Since they introduced the 9070 group over two years ago, the old group is basically discontinued. The only parts available anymore would be reserved for warranty not for sale.


----------



## Ritsuke (Sep 11, 2015)

Pity. So best thing is to go for an 11-speed Di2 and, if it doesn't fit, update my frame whilst I am at it?


----------



## Adim_X (Mar 7, 2011)

How does your frame impact your group selection? The rear wheel freehub compatibility would be a greater concern.


----------



## MMsRepBike (Apr 1, 2014)

Your frame has nothing to do with anything. It's either capable of running Di2 or it isn't.

10 speed has nothing to do with a frame.
11 speed has nothing to do with a frame.

It's your rear wheel that might not be able to hold an 11 speed cassette. Everything else you have is compatible.


----------



## Ritsuke (Sep 11, 2015)

So there we go, learned something new! Thanks lads!
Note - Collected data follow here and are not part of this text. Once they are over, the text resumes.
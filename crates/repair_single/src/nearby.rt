//! Whether a change helps, as far as the events near it show: one of them is refused, or the game is soon as it was without the change.
ghost use Rattle.std.specs.Prelude.{◌≡◌, [], ◌≤◌, ◌<◌, ◌+◌, ℕ, List, length, IsTrue, IsFalse, IfOk, IfSome};
ghost use Rattle.game_turns.specs.Machines.{rules_of};
ghost use Rattle.game_walk.specs.Walks.{IsWalkOf};
ghost use Rattle.gcg_read.specs.declared.events.Event.{Event};
ghost use Rattle.repair_changes.specs.Applied.{applied, wrong_events};
ghost use Rattle.repair_single.specs.Nearby.{IsPartRefused, IsPartTaken, IsNear, IsTakenNear};
ghost use Rattle.repair_single.specs.RackStops.{MakeNoGame, IsStop, IsStepsAround, StopsAgain, steps_in};

use crate::first_steps::FirstSteps;
use crate::mending::mend;
use crate::rack_stops::{RackStop, have_no_deal};
use crate::standing::game_before;
use game_turns::{Machine, law_of_tallies};
use game_walk::Walk;
use gcg_read::{Event, Events};
use lex_list::WordList;
use ref_tiles::Rules;
use repair_changes::{Change, apply, copy_slip, law_of_changes, wrong_events};
use std::alloc::{AllocError, Global};

/// How many events after a change are taken before the game is compared with that of the record. A play that is taken back leaves its tiles
/// in view for one more event.
const NEAR: usize = 3;

/// Takes all of these events but the last, each with its right numbers, and adds their steps. It is false if one of them is refused whatever
/// its numbers are.
///
/// It fails only if memory runs out.
fn takes_part(
    machine: &mut Machine,
    near: &mut Events,
    list: &WordList,
    first: &mut FirstSteps,
) -> Result<bool, AllocError>
    requires { first.old.steps.items ≡ [] }
    ensures refused { IfOk result (λ b. IsFalse b → IsPartRefused (rules_of machine.old) list.now near.old machine.old) }
    ensures taken { IfOk result (λ b. IsTrue b → IsPartTaken (rules_of machine.old) list.now near.old machine.old machine.new first.new.steps.items) }
{
    law_of_tallies();
    let last = near.len().saturating_sub(1);
    for place in 0..last {
        first.note(machine, near.as_slice(), place)?;
        if mend(machine, near, place, list).is_err() {
            return Ok(false);
        }
    }
    Ok(true)
}

/// The place of the event before which the game is compared: a few events after those that a change concerns. None if the walk or the record
/// ends before.
fn end_of(walk: &Walk, events: &[Event], change: &Change) -> Option<usize>
    ensures { IfSome result (λ end. (end < length events.now) × (end ≤ length walk.now.rows.items)
        × (change.now.place + wrong_events change.now.slip ≤ end)) }
{
    let rows = walk.rows.len();
    if events.is_empty() || change.place > rows {
        return None;
    }
    let least = change.place + wrong_events(&change.slip);
    let end = (least + NEAR).min(rows).min(events.len() - 1);
    if end < least {
        return None;
    }
    Some(end)
}

/// The events of a record with a change, from a place before the change up to one after it.
fn near_events(
    alloc: Global,
    events: &[Event],
    change: &Change,
    start: usize,
    end: usize,
) -> Result<Events, AllocError>
    requires start { start ≤ change.now.place }
    requires end { change.now.place + wrong_events change.now.slip ≤ end }
    requires within { end < length events.now }
    ensures { IfOk result (λ near. IsNear (applied change.now events.now) near events.now start end) }
{
    let here = Change {
        place: change.place - start,
        slip: copy_slip(&change.slip),
    };
    apply(alloc, &here, &events[start..end + 1])
}

/// The steps that are kept with a stop, with others in place of those from one place up to another.
fn steps_around(
    alloc: Global,
    stop: &RackStop,
    start: usize,
    first: &FirstSteps,
    end: usize,
) -> Result<FirstSteps, AllocError>
    requires { end ≤ length stop.now.steps.items }
    ensures { IfOk result (λ all. IsStepsAround stop.now.steps.items start first.now.steps.items end all.steps.items) }
{
    let last = stop.steps.len().min(stop.end.saturating_add(1)).max(end);
    let mut all = FirstSteps::of(alloc, stop.steps.as_slice(), start, 0)?;
    all.add(first.steps.as_slice())?;
    all.add(&stop.steps[end..last])?;
    Ok(all)
}

/// Whether no deal yields the racks of a record up to where they stop, with these steps in place of those from one place up to another.
fn stops_again(
    alloc: Global,
    rules: &Rules,
    stop: &Option<RackStop>,
    start: usize,
    many: usize,
    end: usize,
    first: &FirstSteps,
) -> Result<bool, AllocError>
    ensures { IfOk result (λ b. IsTrue b → StopsAgain rules.now (steps_in stop.now) start many end first.now.steps.items) }
{
    let Some(stop) = stop else {
        return Ok(false);
    };
    if first.steps.len() != many {
        return Ok(false);
    }
    if start > end {
        return Ok(false);
    }
    if end > stop.steps.len() {
        return Ok(false);
    }
    let all = steps_around(alloc, stop, start, first, end)?;
    Ok(have_no_deal(rules, all.steps.as_slice(), &stop.cut))
}

/// Whether the game after a change is as it was without it, and so either a later event is refused or no deal yields the racks.
fn goes_wrong_again(
    alloc: Global,
    rules: &Rules,
    walk: &Walk,
    stop: &Option<RackStop>,
    machine: &Machine,
    start: usize,
    many: usize,
    end: usize,
    first: &FirstSteps,
) -> Result<bool, AllocError>
    ensures { IfOk result (λ b. IsTrue b → (list : List (List ℕ)) (written changed : List Event) → IsWalkOf rules.now list written walk.now
        → IsStop rules.now list written stop.now → IsTakenNear rules.now list written changed start end many machine.now first.now.steps.items
        → MakeNoGame rules.now list changed) }
{
    law_of_tallies();
    let Some(game) = game_before(walk, end) else {
        return Ok(false);
    };
    if !machine.is_like(game) {
        return Ok(false);
    }
    if walk.stopped.is_some() {
        return Ok(true);
    }
    stops_again(alloc, rules, stop, start, many, end, first)
}

/// Whether a record makes no game with a change, as far as the events near it show: one of them is refused with it whatever its numbers are, or
/// the game after them is as it was without the change, and either a later event is refused or no deal yields the racks.
///
/// It fails only if memory runs out.
pub(crate) fn fails_nearby(
    alloc: Global,
    rules: &Rules,
    list: &WordList,
    walk: &Walk,
    events: &[Event],
    stop: &Option<RackStop>,
    change: &Change,
) -> Result<bool, AllocError>
    ensures { IfOk result (λ b. IsTrue b → IsWalkOf rules.now list.now events.now walk.now → IsStop rules.now list.now events.now stop.now
        → MakeNoGame rules.now list.now (applied change.now events.now)) }
{
    law_of_changes();
    let Some(end) = end_of(walk, events, change) else {
        return Ok(false);
    };
    let start = change.place.saturating_sub(1);
    let Some(game) = game_before(walk, start) else {
        return Ok(false);
    };
    let mut machine = game.copy();
    let mut near = near_events(alloc, events, change, start, end)?;
    let many = near.len().saturating_sub(1);
    let mut first = FirstSteps::new(alloc, if stop.is_some() { many } else { 0 });
    if !takes_part(&mut machine, &mut near, list, &mut first)? {
        return Ok(true);
    }
    goes_wrong_again(alloc, rules, walk, stop, &machine, start, many, end, &first)
}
I have to buy new wheels anyway so that problem has been solved as well. Now I need to find my 11-speed Di2 group.


----------



## MMsRepBike (Apr 1, 2014)

Shimano Di2 Ultegra 6870 11 Spd Double Groupset at Ribble Cycles


----------



## Ritsuke (Sep 11, 2015)

MMsRepBike said:


> Shimano Di2 Ultegra 6870 11 Spd Double Groupset at Ribble Cycles


Nice find. Thank you!


----------